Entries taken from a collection
-------------------------

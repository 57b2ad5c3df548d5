//! Circuits for arithmetic and comparisons. The upper rails of two vectors are words of which aig_words makes the result, and one literal
//! tells whether all bits are known and the result is defined: without it each bit of the result is X. Of vectors whose rails are the
//! same literals that literal is true, and no gate is made but those of the words.

ghost use Rattle.std.specs.Prelude.{◌≡◌, ◌+◌, ◌-◌, ◌*◌, ◌/◌, ◌%◌, ◌^◌, ◌<◌, IfOk, Ok, nat_lt, unsigned_abs, ◌&&◌, true, false, [], ◌∷◌, length, map, replicate, if◌then◌else◌};
ghost use Rattle.aig.specs.declared.gate.Lit.{Lit};
ghost use Rattle.std.specs.List.{All};
ghost use Rattle.aig.specs.Graph.{holds, constant_lit, IsIn};
ghost use Rattle.aig_words.specs.Words.{number, Grew, IsWord, Obeyed, differ};
ghost use Rattle.fourvec.specs.Bits as vectors;
ghost use Rattle.fourvec.specs.Bits.{is_known, all_x, vector, neg_of, sdiv_of, srem_of};
ghost use Rattle.pair_words.specs.Rails.{bits, IsWired, IsVector};
ghost use Rattle.pair_words.specs.Truths.{truths, known_pair, number_value, number_width, is_defined};

use crate::choices::vector_or_x;
use crate::pairs::Pair;
use crate::vectors::known;
use aig::{Aig, Lit};
use aig_words::{add, div, lt, mul, mux, rem, slt, sub, xor};
use std::alloc::{AllocError, Global};

/// An operator on two vectors that stand for numbers: where a bit of them is unknown, each bit of the result is X.
#[derive(Clone, Copy)]
pub enum Number {
    Add,
    Sub,
    Mul,
    Div,
    Rem,
    Sdiv,
    Srem,
    Lt,
    Slt,
}

/// The upper rail.
pub fn uppers(alloc: Global, a: &[Pair]) -> Result<Vec<Lit>, AllocError>
    ensures { IfOk result (λ r. r.items ≡ map (λ p. p.up) a.now) }
{
    let mut word = Vec::new(alloc);
    for i in 0..a.len() {
        word.push(a[i].up)?;
    }
    Ok(word)
}

fn zeros(alloc: Global, n: usize) -> Result<Vec<Lit>, AllocError>
    ensures { IfOk result (λ r. r.items ≡ replicate n (constant_lit false)) }
{
    let mut word = Vec::new(alloc);
    word.resize(n, Lit::constant(false))?;
    Ok(word)
}

// The pairs whose rails are both the literals of a word.
fn pairs_of(alloc: Global, word: &[Lit]) -> Result<Vec<Pair>, AllocError>
    ensures { IfOk result (λ r. r.items ≡ map known_pair word.now) }
{
    let mut vector = Vec::new(alloc);
    for i in 0..word.len() {
        let both = word[i];
        vector.push(Pair {
            up: both,
            low: both,
        })?;
    }
    Ok(vector)
}

// The vector of a word where a condition is true, else all X.
fn guarded(alloc: Global, aig: &mut Aig, c: Lit, word: &[Lit]) -> Result<Vec<Pair>, AllocError>
    requires c_in { IsIn aig.old c }
    requires word_in { All (IsIn aig.old) word.now }
    ensures grew { Grew (2 * length word.now) aig.old aig.new }
    ensures word { IfOk result (λ r. IsVector aig.new (length word.now) r.items) }
    ensures value { IfOk result (λ r. Obeyed aig.new (λ v. bits v r.items ≡ (if holds v c then truths v word.now else all_x (length word.now)))) }
{
    let vector = pairs_of(alloc, word)?;
    vector_or_x(alloc, aig, c, &vector)
}

// The two's complement of a number.
fn opposite(alloc: Global, aig: &mut Aig, a: &[Lit]) -> Result<Vec<Lit>, AllocError>
    requires some { 0 < length a.now }
    requires a_in { All (IsIn aig.old) a.now }
    ensures grew { Grew (7 * length a.now) aig.old aig.new }
    ensures word { IfOk result (λ r. IsWord aig.new (length a.now) r.items) }
    ensures value { IfOk result (λ r. Obeyed aig.new (λ v. number v r.items ≡ (2 ^ length a.now - number v a.now) % 2 ^ length a.now)) }
{
    let none = zeros(alloc, a.len())?;
    sub(alloc, aig, &none, a)
}

/// The number, or its two's complement where a condition is true.
pub fn turned(alloc: Global, aig: &mut Aig, c: Lit, a: &[Lit]) -> Result<Vec<Lit>, AllocError>
    requires some { 0 < length a.now }
    requires c_in { IsIn aig.old c }
    requires a_in { All (IsIn aig.old) a.now }
    ensures grew { Grew (10 * length a.now) aig.old aig.new }
    ensures word { IfOk result (λ r. IsWord aig.new (length a.now) r.items) }
    ensures value { IfOk result (λ r. Obeyed aig.new (λ v. truths v r.items ≡ (if holds v c then neg_of (truths v a.now) else truths v a.now))) }
{
    let other = opposite(alloc, aig, a)?;
    mux(alloc, aig, c, &other, a)
}

// How far a number in two's complement is from 0.
fn magnitude(alloc: Global, aig: &mut Aig, a: &[Lit]) -> Result<Vec<Lit>, AllocError>
    requires some { 0 < length a.now }
    requires a_in { All (IsIn aig.old) a.now }
    ensures grew { Grew (10 * length a.now) aig.old aig.new }
    ensures word { IfOk result (λ r. IsWord aig.new (length a.now) r.items) }
    ensures value { IfOk result (λ r. Obeyed aig.new (λ v. number v r.items ≡ unsigned_abs (vectors.signed (truths v a.now)))) }
{
    turned(alloc, aig, a[a.len() - 1], a)
}

// The quotient of two distances from 0, turned where one of two signs is set.
fn quotient_by_signs(
    alloc: Global,
    aig: &mut Aig,
    sign: Lit,
    other: Lit,
    first: &[Lit],
    second: &[Lit],
) -> Result<Vec<Lit>, AllocError>
    requires some { 0 < length first.now }
    requires same { length first.now ≡ length second.now }
    requires first_in { All (IsIn aig.old) first.now }
    requires second_in { All (IsIn aig.old) second.now }
    requires sign_in { IsIn aig.old sign }
    requires other_in { IsIn aig.old other }
    ensures grew { Grew (11 * length first.now * length first.now + 3 + 10 * length first.now) aig.old aig.new }
    ensures word { IfOk result (λ r. IsWord aig.new (length first.now) r.items) }
    ensures value { IfOk result (λ r. Obeyed aig.new (λ v. 0 < number v second.now
        → truths v r.items ≡ (if differ (holds v sign) (holds v other) then neg_of (vector (length first.now) (number v first.now / number v second.now)) else (vector (length first.now) (number v first.now / number v second.now))))) }
{
    let plain = div(alloc, aig, first, second)?;
    let apart = xor(aig, sign, other)?;
    turned(alloc, aig, apart, &plain)
}

fn signed_quotient(
    alloc: Global,
    aig: &mut Aig,
    a: &[Lit],
    b: &[Lit],
) -> Result<Vec<Lit>, AllocError>
    requires some { 0 < length a.now }
    requires same { length a.now ≡ length b.now }
    requires a_in { All (IsIn aig.old) a.now }
    requires b_in { All (IsIn aig.old) b.now }
    ensures grew { Grew (11 * length a.now * length a.now + 40 * length a.now) aig.old aig.new }
    ensures word { IfOk result (λ r. IsWord aig.new (length a.now) r.items) }
    ensures value { IfOk result (λ r. Obeyed aig.new (λ v. 0 < number v b.now → truths v r.items ≡ sdiv_of (truths v a.now) (truths v b.now))) }
{
    let first = magnitude(alloc, aig, a)?;
    let second = magnitude(alloc, aig, b)?;
    quotient_by_signs(alloc, aig, a[a.len() - 1], b[b.len() - 1], &first, &second)
}

// What is left over by a division of two distances from 0, turned where a sign is set.
fn rest_by_sign(
    alloc: Global,
    aig: &mut Aig,
    sign: Lit,
    first: &[Lit],
    second: &[Lit],
) -> Result<Vec<Lit>, AllocError>
    requires some { 0 < length first.now }
    requires same { length first.now ≡ length second.now }
    requires first_in { All (IsIn aig.old) first.now }
    requires second_in { All (IsIn aig.old) second.now }
    requires sign_in { IsIn aig.old sign }
    ensures grew { Grew (11 * length first.now * length first.now + 10 * length first.now) aig.old aig.new }
    ensures word { IfOk result (λ r. IsWord aig.new (length first.now) r.items) }
    ensures value { IfOk result (λ r. Obeyed aig.new (λ v. 0 < number v second.now
        → truths v r.items ≡ (if holds v sign then neg_of (vector (length first.now) (number v first.now % number v second.now)) else (vector (length first.now) (number v first.now % number v second.now))))) }
{
    let plain = rem(alloc, aig, first, second)?;
    turned(alloc, aig, sign, &plain)
}

fn signed_rest(alloc: Global, aig: &mut Aig, a: &[Lit], b: &[Lit]) -> Result<Vec<Lit>, AllocError>
    requires some { 0 < length a.now }
    requires same { length a.now ≡ length b.now }
    requires a_in { All (IsIn aig.old) a.now }
    requires b_in { All (IsIn aig.old) b.now }
    ensures grew { Grew (11 * length a.now * length a.now + 40 * length a.now) aig.old aig.new }
    ensures word { IfOk result (λ r. IsWord aig.new (length a.now) r.items) }
    ensures value { IfOk result (λ r. Obeyed aig.new (λ v. 0 < number v b.now → truths v r.items ≡ srem_of (truths v a.now) (truths v b.now))) }
{
    let first = magnitude(alloc, aig, a)?;
    let second = magnitude(alloc, aig, b)?;
    rest_by_sign(alloc, aig, a[a.len() - 1], &first, &second)
}

// The word of one literal, if there is one.
fn single(alloc: Global, bit: Result<Lit, AllocError>) -> Result<Vec<Lit>, AllocError>
    ensures { IfOk result (λ r. (l : Lit) × (bit ≡ Ok l) × (r.items ≡ l ∷ [])) }
{
    let bit = bit?;
    let mut word = Vec::new(alloc);
    word.push(bit)?;
    Ok(word)
}

// The operator on words of known bits. Where its second number has no result the word is any bits.
fn computed(
    alloc: Global,
    aig: &mut Aig,
    op: Number,
    a: &[Lit],
    b: &[Lit],
) -> Result<Vec<Lit>, AllocError>
    requires some { 0 < length a.now }
    requires same { length a.now ≡ length b.now }
    requires a_in { All (IsIn aig.old) a.now }
    requires b_in { All (IsIn aig.old) b.now }
    ensures grew { Grew (100 * length a.now * length a.now) aig.old aig.new }
    ensures word { IfOk result (λ r. IsWord aig.new (number_width op (length a.now)) r.items) }
    ensures value { IfOk result (λ r. Obeyed aig.new (λ v. is_defined op (number v b.now) ≡ true → truths v r.items ≡ number_value op (truths v a.now) (truths v b.now))) }
{
    match op {
        Number::Add => add(alloc, aig, a, b),
        Number::Sub => sub(alloc, aig, a, b),
        Number::Mul => mul(alloc, aig, a, b),
        Number::Div => div(alloc, aig, a, b),
        Number::Rem => rem(alloc, aig, a, b),
        Number::Sdiv => signed_quotient(alloc, aig, a, b),
        Number::Srem => signed_rest(alloc, aig, a, b),
        Number::Lt => single(alloc, lt(aig, a, b)),
        Number::Slt => single(alloc, slt(aig, a, b)),
    }
}

// Whether the operator has a result at this second number.
fn defined(alloc: Global, aig: &mut Aig, op: Number, b: &[Lit]) -> Result<Lit, AllocError>
    requires some { 0 < length b.now }
    requires b_in { All (IsIn aig.old) b.now }
    ensures grew { Grew (4 * length b.now) aig.old aig.new }
    ensures within { IfOk result (λ r. IsIn aig.new r) }
    ensures value { IfOk result (λ r. Obeyed aig.new (λ v. holds v r ≡ is_defined op (number v b.now))) }
{
    match op {
        Number::Div => some(alloc, aig, b),
        Number::Rem => some(alloc, aig, b),
        Number::Sdiv => some(alloc, aig, b),
        Number::Srem => some(alloc, aig, b),
        _ => Ok(Lit::constant(true)),
    }
}

/// Whether the number is not 0.
pub fn some(alloc: Global, aig: &mut Aig, b: &[Lit]) -> Result<Lit, AllocError>
    requires some { 0 < length b.now }
    requires b_in { All (IsIn aig.old) b.now }
    ensures grew { Grew (4 * length b.now) aig.old aig.new }
    ensures within { IfOk result (λ r. IsIn aig.new r) }
    ensures value { IfOk result (λ r. Obeyed aig.new (λ v. holds v r ≡ nat_lt 0 (number v b.now))) }
{
    let none = zeros(alloc, b.len())?;
    lt(aig, &none, b)
}

// Whether no bit of two vectors is unknown.
fn both_known(aig: &mut Aig, a: &[Pair], b: &[Pair]) -> Result<Lit, AllocError>
    requires node { 0 < length aig.old }
    requires a_in { All (IsWired aig.old) a.now }
    requires b_in { All (IsWired aig.old) b.now }
    ensures grew { Grew (4 * length a.now + 4 * length b.now + 1) aig.old aig.new }
    ensures within { IfOk result (λ r. IsIn aig.new r) }
    ensures value { IfOk result (λ r. Obeyed aig.new (λ v. holds v r ≡ (is_known (bits v a.now) && is_known (bits v b.now)))) }
{
    let first = known(aig, a)?;
    let second = known(aig, b)?;
    aig.and(first, second)
}

// The operator on words of known bits, where a condition is true and it has a result, else all X.
fn guarded_number(
    alloc: Global,
    aig: &mut Aig,
    op: Number,
    c: Lit,
    a: &[Lit],
    b: &[Lit],
) -> Result<Vec<Pair>, AllocError>
    requires some { 0 < length a.now }
    requires same { length a.now ≡ length b.now }
    requires c_in { IsIn aig.old c }
    requires a_in { All (IsIn aig.old) a.now }
    requires b_in { All (IsIn aig.old) b.now }
    ensures grew { Grew (100 * length a.now * length a.now + 6 * length a.now + 1) aig.old aig.new }
    ensures word { IfOk result (λ r. IsVector aig.new (number_width op (length a.now)) r.items) }
    ensures value { IfOk result (λ r. Obeyed aig.new (λ v. bits v r.items
        ≡ (if holds v c && is_defined op (number v b.now)
        then number_value op (truths v a.now) (truths v b.now)
        else all_x (number_width op (length a.now))))) }
{
    let fine = defined(alloc, aig, op, b)?;
    let all = aig.and(c, fine)?;
    let word = computed(alloc, aig, op, a, b)?;
    guarded(alloc, aig, all, &word)
}

/// An operator on two vectors that stand for numbers.
pub fn on_numbers(
    alloc: Global,
    aig: &mut Aig,
    op: Number,
    a: &[Pair],
    b: &[Pair],
) -> Result<Vec<Pair>, AllocError>
    requires some { 0 < length a.now }
    requires same { length a.now ≡ length b.now }
    requires a_in { All (IsWired aig.old) a.now }
    requires b_in { All (IsWired aig.old) b.now }
    ensures grew { Grew (100 * length a.now * length a.now + 20 * length a.now) aig.old aig.new }
    ensures word { IfOk result (λ r. IsVector aig.new (number_width op (length a.now)) r.items) }
    ensures value { IfOk result (λ r. Obeyed aig.new (λ v. bits v r.items ≡ number_value op (bits v a.now) (bits v b.now))) }
{
    let both = both_known(aig, a, b)?;
    let x = uppers(alloc, a)?;
    let y = uppers(alloc, b)?;
    guarded_number(alloc, aig, op, both, &x, &y)
}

-------------------------

Repeat word for word the lines above that run from the line containing "r.items ≡ replicate" through the line containing "literals of a word.", both ends included, and nothing else.

    ensures { IfOk result (λ r. r.items ≡ replicate n (constant_lit false)) }
{
    let mut word = Vec::new(alloc);
    word.resize(n, Lit::constant(false))?;
    Ok(word)
}

// The pairs whose rails are both the literals of a word.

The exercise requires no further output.